A couple of simple techniques can get very close to 1 byte per character for most scripts and 2 bytes per character for CJK, with less overhead (fewer bytes for length, no terminator, no padding) than the current format. It could be much simpler than SCSU. (4-byte padding still needs to be applied, unless we radically rethink the resource bundle data format.)
A patch with this implementation is attached to this page. It only calculates the compressed length but does not actually write strings in compressed form.
In the resource bundle header, we would probably store the number of compressed strings (1 int), the number of UChars that they will decompress to (incl. 1 or 2 for the length and 1 for the NUL; 1 int), and the three window start code points (3 * uint16_t, omitting the bottom 7 bits of each).

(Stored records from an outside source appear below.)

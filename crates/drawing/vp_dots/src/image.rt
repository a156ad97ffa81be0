//! Images as bytes: the header, and the laws of rows.
ghost use Rattle.std.specs.Prelude.{◌≡◌, ℕ, ◌+◌, ◌-◌, ◌*◌, ◌/◌, ◌%◌, ◌^◌, ◌<◌, ◌≤◌, Bool, false, ◌++◌, length, slice_index};
ghost use Rattle.arrayvec.specs.ArrayVec.{array_vec_len};
ghost use Rattle.vp_dots.specs.Dots.{bit, dot};
ghost use Rattle.vp_dots.specs.Headers.{header_of};
ghost use Rattle.vp_dots.specs.Images.{Image, row_of, row_bytes, image_row, image_rows, pbm};

use arrayvec::ArrayVec;
use itoa::Buffer;

/// The header of an image of w by h dots: `P4`, the width and the height (netpbm, raw pbm).
pub fn header(w: u32, h: u32) -> ArrayVec<u8, 32>
    ensures { result.items ≡ header_of w h }
{
    let mut out = ArrayVec::new();
    append(&mut out, b"P4\n");
    append(&mut out, Buffer::new().format(w).as_bytes());
    append(&mut out, b" ");
    append(&mut out, Buffer::new().format(h).as_bytes());
    append(&mut out, b"\n");
    out
}

fn append(out: &mut ArrayVec<u8, 32>, bytes: &[u8])
    requires { array_vec_len out.old + length bytes.now ≤ 32 }
    ensures { out.new.items ≡ out.old.items ++ bytes.now }
{
    let _ = out.try_extend_from_slice(bytes);
}

/// A law: the bytes of a row are as many as asked for, have the dots asked for, and hang on nothing
/// else.
pub fn row_law()
    ensures count { (n : ℕ) (f : ℕ → Bool) → length (row_of n f) ≡ n }
    ensures bytes { (n : ℕ) (f : ℕ → Bool) (i : ℕ) → slice_index (row_of n f) i < 2 ^ 8 }
    ensures dots { (n : ℕ) (f : ℕ → Bool) (d : ℕ) → d < 8 * n → dot (row_of n f) d ≡ f d }
    ensures same { (n : ℕ) (f g : ℕ → Bool) → ((d : ℕ) → d < 8 * n → f d ≡ g d) → row_of n f ≡ row_of n g }
{}

/// A law: bytes with these dots are the bytes of that row.
pub fn dots_decide(row: &[u8])
    ensures row { (n : ℕ) (f : ℕ → Bool) → length row.now ≡ n → ((d : ℕ) → d < 8 * n → dot row.now d ≡ f d) →
        row.now ≡ row_of n f }
    ensures image { (i : Image) (y : ℕ) → length row.now ≡ row_bytes i.width →
        ((x : ℕ) → x < i.width → dot row.now x ≡ i.is_black x y)
        → ((x : ℕ) → i.width ≤ x → dot row.now x ≡ false) → row.now ≡ image_row i y }
{}

/// A law: in the bytes of an image's rows, bit 7 - x mod 8 of byte x div 8 of row y is dot (x, y),
/// and the bits past the width are 0; the text hangs on the dots inside the box alone.
pub fn image_law()
    ensures count { (i : Image) → length (image_rows i) ≡ i.height * row_bytes i.width }
    ensures black { (i : Image) (x y : ℕ) → x < i.width → y < i.height
        → bit (slice_index (image_rows i) (y * row_bytes i.width + x / 8)) (7 - x % 8) ≡ i.is_black x y }
    ensures padding { (i : Image) (x y : ℕ) → i.width ≤ x → x < 8 * row_bytes i.width → y < i.height
        → bit (slice_index (image_rows i) (y * row_bytes i.width + x / 8)) (7 - x % 8) ≡ false }
    ensures same { (w h : ℕ) (f g : ℕ → ℕ → Bool) → ((x y : ℕ) → x < w → y < h → f x y ≡ g x y)
        → pbm (record { width = w; height = h; is_black = f })
        ≡ pbm (record { width = w; height = h; is_black = g }) }
{}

There will be some unused byte combinations. We might want to store a version number for the compression scheme in a few header bits, outside the .res formatVersion.
Results from an almost-ICU4C 4.2 build from a slightly modified svn r25919:
.dat file size: 16,011,616 bytes
We should consider general-purpose compression for very long, hard-to-compress strings, at least ones that are rarely accessed, like the CJK collation tailoring rules. See the General-Purpose Compression page for a general discussion.
We could probably use the same new string resource type as for the simpler compression scheme(s), and distinguish in the first byte of the compressed string. We would want to store both the UTF-16 length (for allocation of the decompressed string) and the number of bytes (to pass to the decompressor) before the compressed bytes.
The ICU4C API returns a string as a pointer to its NUL-terminated UChars, as stored in the current format. If we compress strings in any way, then we need to decompress them at runtime and cache them until the resource bundle is released. Decompression and caching need to be synchronized (mutexed).
For incremental decompression we should try to do incremental memory allocation so that only a small amount of heap memory is used when few strings are accessed.
We could try to not synchronize and cache strings if they are accessed via APIs that do not simply return the const UChar * pointer, for example ures_getUTF8String() and ures_getUnicodeString().
We should look at alias resource items which are currently stored just like strings in UTF-16. Do they need to be in Unicode? Can they be in invariant characters (char *) like keys? Or in ASCII or UTF-8? (They are relatively few and small though.)
If we store compressed strings with a NUL terminator instead of their length, then we can use suffix-sharing. (See the Keys page.)
We could store all "container" types (tables and arrays) in one contiguous block, most easily at the end of the bundle. At runtime, we could copy this part into heap memory, and when we decompressed a string and stored it in the cache, we could modify its resource item word in the heap copy so that next time we see a standard UTF-16 string resource type. We would probably have to be careful with memory ordering issues on some CPUs. (That is, access to a resource item in a heap table/array would probably have to be guarded by UMTX_CHECK().)